Step 4: Setting up the overall Config for the model.#

In quark.torch.quantization.config.config.Config, you should set instances for all information of quantization (all instances are optional except global_quant_config).

For example:

# Example 1: W_INT8_A_INT8_PER_TENSOR
quant_config = Config(global_quant_config=W_INT8_A_INT8_PER_TENSOR_CONFIG)

# Example 2: W_UINT4_PER_GROUP with advanced algorithm
quant_config = Config(global_quant_config=W_UINT4_PER_GROUP_CONFIG, algo_config=ALGORITHM_CONFIG)
EXCLUDE_LAYERS = ["lm_head"] # For language models
quant_config = replace(quant_config, exclude=EXCLUDE_LAYERS)

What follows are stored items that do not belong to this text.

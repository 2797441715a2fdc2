//! Caches of rows are made, emptied and freed.
ghost use Rattle.std.specs.Prelude.{◌≡◌, []};
ghost use Rattle.std.specs.Option.{option_map};
ghost use Rattle.cfi_step.specs.PackedRows.{AreVacant};
ghost use Rattle.cfi_c.specs.CachedSteps.{IsCacheMade, cache_rows, held_rows};

use crate::cache::CfiCache;
use crate::refusal::number_of;
use cfi_step::RowCache;
use gimli_cfi::Error;
use std::alloc::Global;
use std::mem;

/// Makes a cache for four rows in each of so many sets, without one, and frees the cache that was
/// there. Returns 0; or the number of `OutOfMemory` where memory was refused, and then writes
/// nothing.
#[unsafe(no_mangle)]
pub extern "C" fn cfi_cache_new(alloc: Global, sets: usize, cache: &mut CfiCache) -> i32
    ensures { IsCacheMade sets (cache_rows cache.old) result (cache_rows cache.new) }
{
    let Ok(made) = RowCache::new(alloc, sets) else {
        return number_of(Error::OutOfMemory);
    };
    let Ok(held) = Box::new(alloc, made) else {
        return number_of(Error::OutOfMemory);
    };
    *cache = CfiCache::of(alloc, Some(held));
    0
}

/// Frees the cache, where there is one.
#[unsafe(no_mangle)]
pub extern "C" fn cfi_cache_free(alloc: Global, cache: &mut CfiCache)
    ensures { cache_rows cache.new ≡ [] }
{
    *cache = CfiCache::of(alloc, None);
}

/// Forgets all rows of the cache. Does not allocate.
#[unsafe(no_mangle)]
pub extern "C" fn cfi_cache_clear(alloc: Global, cache: &mut CfiCache)
    ensures { AreVacant (cache_rows cache.new) }
{
    let mut held = mem::replace(cache, CfiCache::of(alloc, None)).into_box();
    clear_held(&mut held);
    *cache = CfiCache::of(alloc, held);
}

/// Forgets all rows of the cache that is held.
fn clear_held(held: &mut Option<Box<RowCache>>)
    ensures { AreVacant (held_rows (option_map (λ cache. cache.value) held.new)) }
{
    match held {
        Some(rows) => rows.as_mut().clear(),
        None => {}
    }
}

# Example 3: W_FP8_A_FP8_PER_TENSOR with KV_CACHE_FP8
quant_config = Config(global_quant_config=W_FP8_A_FP8_PER_TENSOR_CONFIG)
KV_CACHE_CFG = {
    "*v_proj":
    QuantizationConfig(input_tensors=quant_config.global_quant_config.input_tensors,
                       weight=quant_config.global_quant_config.weight,
                       output_tensors=FP8_PER_TENSOR_SPEC),
    "*k_proj":
    QuantizationConfig(input_tensors=quant_config.global_quant_config.input_tensors,
                       weight=quant_config.global_quant_config.weight,
                       output_tensors=FP8_PER_TENSOR_SPEC),
}
quant_config = replace(quant_config, layer_quant_config=KV_CACHE_CFG)

More details are available in the quark.torch.quantization.config.config.Config documentation.